4. This means that these forms of care (hydration and nutrition) cannot be considered as persistent therapy in VS, MCS or other neurological disorders and cannot be discontinued. Hydration and nutrition withholding should be limited to agony or other terminal stages, e.g. in cancer patients. This interpretation was confirmed in medical ethics articles published in leading Polish medical journals. Guidelines for doctors published by Polish Pediatrics Society regarding withholding and withdrawing persistent therapy in children also state that in neurological diseases patients should receive feeding by tube or by gastrostomy – the lack of nutrition in these cases leads to death by starvation and cannot be accepted from ethical point of view.
Medical community in Poland is very sensitive to distortions of the goals of medicine and subordinating medical practice to ideologies. For several years, we have been analyzing the causes of the transition of doctors attitudes “from healing to killing” in totalitarian regimes, such in Nazi-German Auschwitz death camp practice. Therefore, protecting dignity, respecting for autonomy, religious and conscience freedom, nondiscrimination, are very important values in Polish ethical and legal standards regarding health care.
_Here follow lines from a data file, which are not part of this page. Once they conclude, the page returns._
/// Why a call was refused. `docs/REFUSALS.md` says of each what it leaves.
#[derive(Clone, Copy, Debug, PartialEq, Eq)]
pub enum Refusal {
    /// 1: a query or schema text of more than 65,536 bytes.
    TextTooLong,
    /// 2: there is no token at the place.
    BadToken,
    /// 3: the tokens have no tree.
    Syntax,
    /// 4: the 33rd nested opening.
    TooDeep,
    /// 10: no such table.
    NoTable,
    /// 11: no such column, or one named twice.
    NoColumn,
    /// 12: a name that fits two columns.
    Ambiguous,
    /// 13: operands of types that the operator does not take.
    TypeMismatch,
    /// 14: a column outside aggregates that is not in GROUP BY, or an aggregate where none is allowed.
    NotGrouped,
    /// 15: a LIKE pattern with a wrong escape.
    BadPattern,
    /// 16: an ordinal of 0 or past the last column.
    BadOrdinal,
    /// 17: a parameter that was given no value.
    NoParameter,
    /// 18: two items of a FROM with one name.
    DuplicateAlias,
    /// 19: the ninth table name of a query.
    TooManyTables,
    /// 20: blocks of a union that differ in number or types of columns.
    ColumnsDiffer,
    /// 30: a table name that was declared before.
    DuplicateTable,
    /// 31: a parent that is not declared before.
    NoParent,
    /// 32: a child key that does not begin with its parent's key.
    KeyNotPrefixed,
    /// 33: more than 64 tables, or 64 columns of a table.
    TooMany,
    /// 34: more than 7 levels of tables.
    HierarchyTooDeep,
    /// 35: a wrong column or key column.
    BadColumn,
    /// 36: a coded key of more than 1,024 bytes.
    KeyTooLong,
    /// 37: bytes that code no key.
    BadKey,
    /// 38: a packed row of more than 1,048,576 bytes.
    RowTooLong,
    /// 39: bytes that code no row.
    BadRow,
    /// 40: no open transaction of this owner has the number.
    UnknownTransaction,
    /// 41: the transaction is not in the state that the step needs.
    WrongState,
    /// 42: another transaction is prepared on a root key in the slot.
    Conflict,
    /// 43: an insert of a row that is there.
    Exists,
    /// 44: an update of a row that is not there.
    Missing,
    /// 45: a child row without its parent row.
    ParentMissing,
    /// 46: a delete of a row that has child rows.
    HasChildren,
    /// 47: NULL in a NOT NULL column.
    NullNotAllowed,
    /// 48: a value longer than its column allows.
    ValueTooLong,
    /// 49: a value of another type, or a wrong number of key values.
    WrongType,
    /// 50: 65,536 commits and undecided transactions.
    LogFull,
    /// 51: a Prepare would bring the versions that a slot keeps, prepared ones included, over 2^24; of an arena, the greatest
    /// number of nodes is in use.
    ShardFull,
    /// 52: the commit timestamp has not surely passed.
    TooEarly,
    /// 53: a timestamp outside 0 to 2^62 - 1.
    TimestampRange,
    /// 54: 256 open transactions, or the last number was given.
    TransactionTableFull,
    /// 55: a transaction of no mutation.
    EmptyTransaction,
    /// 60: safe time has not reached the timestamp.
    NotYet,
    /// 61: the timestamp is below the horizon.
    Trimmed,
    /// 62: an arithmetic fault somewhere in the query.
    ArithmeticFault,
    /// 63: 64 open queries, or the last number was given.
    QueryTableFull,
    /// 64: no open query has the number, or it has no such leaf.
    UnknownQuery,
    /// 65: the partial results do not cover the query.
    Incomplete,
    /// 70: no root key to split at.
    BadSplit,
    /// 71: something is prepared in the slot.
    SplitBusy,
    /// 72: the slot is not in use, or no slot is left.
    NoSlot,
    /// 73: a horizon above safe time.
    TrimTooNew,
    /// 74: a horizon below the one that is there.
    TrimBackward,
    /// 75: a horizon above the timestamp of a lease.
    TrimLeased,
    /// 76: 64 open leases, or the last number was given.
    LeaseTableFull,
    /// 77: no open lease of this owner has the number.
    UnknownLease,
    /// 80: an interval that ends before it begins.
    BadInterval,
    /// 81: a line that is no command.
    BadCommand,
    /// 82: the input device failed.
    InputFault,
    /// 83: the output device failed.
    OutputFault,
    /// 90: a memory allocation failed.
    OutOfMemory,
}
5. Cultural-sensitive and whole-person care should also consider beliefs and spirituality of every patient, especially who is at the end of his/her life,. It built a prestige and trust in healthcare workers. Since the discussed case regards a person with Christian beliefs and a member of the Catholic Church, the official teaching of the Catholic Church should also be recalled. Congregation for the Doctrine of the Faith of Catholic Church in the Letter “SAMARITANUS BONUS on the care of persons in the critical and terminal phases of life” mentions about the moral obligation to exclude aggressive medical treatment (point 2). However, at the same time emphasizes that nutrition and hydration (also artificial) is a basic care, not therapy and causing death by deprivation of hydration and nutrition is not allowed: “In particular, required basic care for each person includes the administration of the nourishment and fluids needed to maintain bodily homeostasis, insofar as and until this demonstrably attains the purpose of providing hydration and nutrition for the patient. When the provision of nutrition and hydration no longer benefits the patient, because the patient’s organism either cannot absorb them or cannot metabolize them, their administration should be suspended. In this way, one does not unlawfully hasten death through the deprivation of the hydration and nutrition vital for bodily function, but nonetheless respects the natural course of the critical or terminal illness (...) Obligatory nutrition and hydration can at times be administered artificially, provided that it does not cause harm or intolerable suffering to the patient (point 3). The same opinion was expressed in official response to United States Conference of Catholic Bishops regarding nutrition in VS (“The administration of food and water even by artificial means is, in principle, an ordinary and proportionate means of preserving life”; “A patient in a “permanent vegetative state” is a person with fundamental human dignity and must, therefore, receive ordinary and proportionate care which includes, in principle, the administration of water and food even by artificial means.”) and in New Charter for Health Care Workers of Pontifical Council for Pastoral Assistance to Health Care Workers (point 152), where nutrition and hydration, even if administered artificially, are classified as basic care.

6. In the assessment and appraisal of the RS/P case the differences in ethical and legal medical standards between Poland and United Kingdom and the Catholic beliefs of patients should be recognized. All actions must be taken with respect to the patient’s dignity, autonomy and fundamental rights such as freedom of religion and conscience, and in accordance with the patient’s beliefs, if they are not opposed to British law. If such actions were not possible, the patient’s transport to Poland should be allowed. We hope that any doubts in this matter will be resolved according to the principle: "in dubio pro vita humana".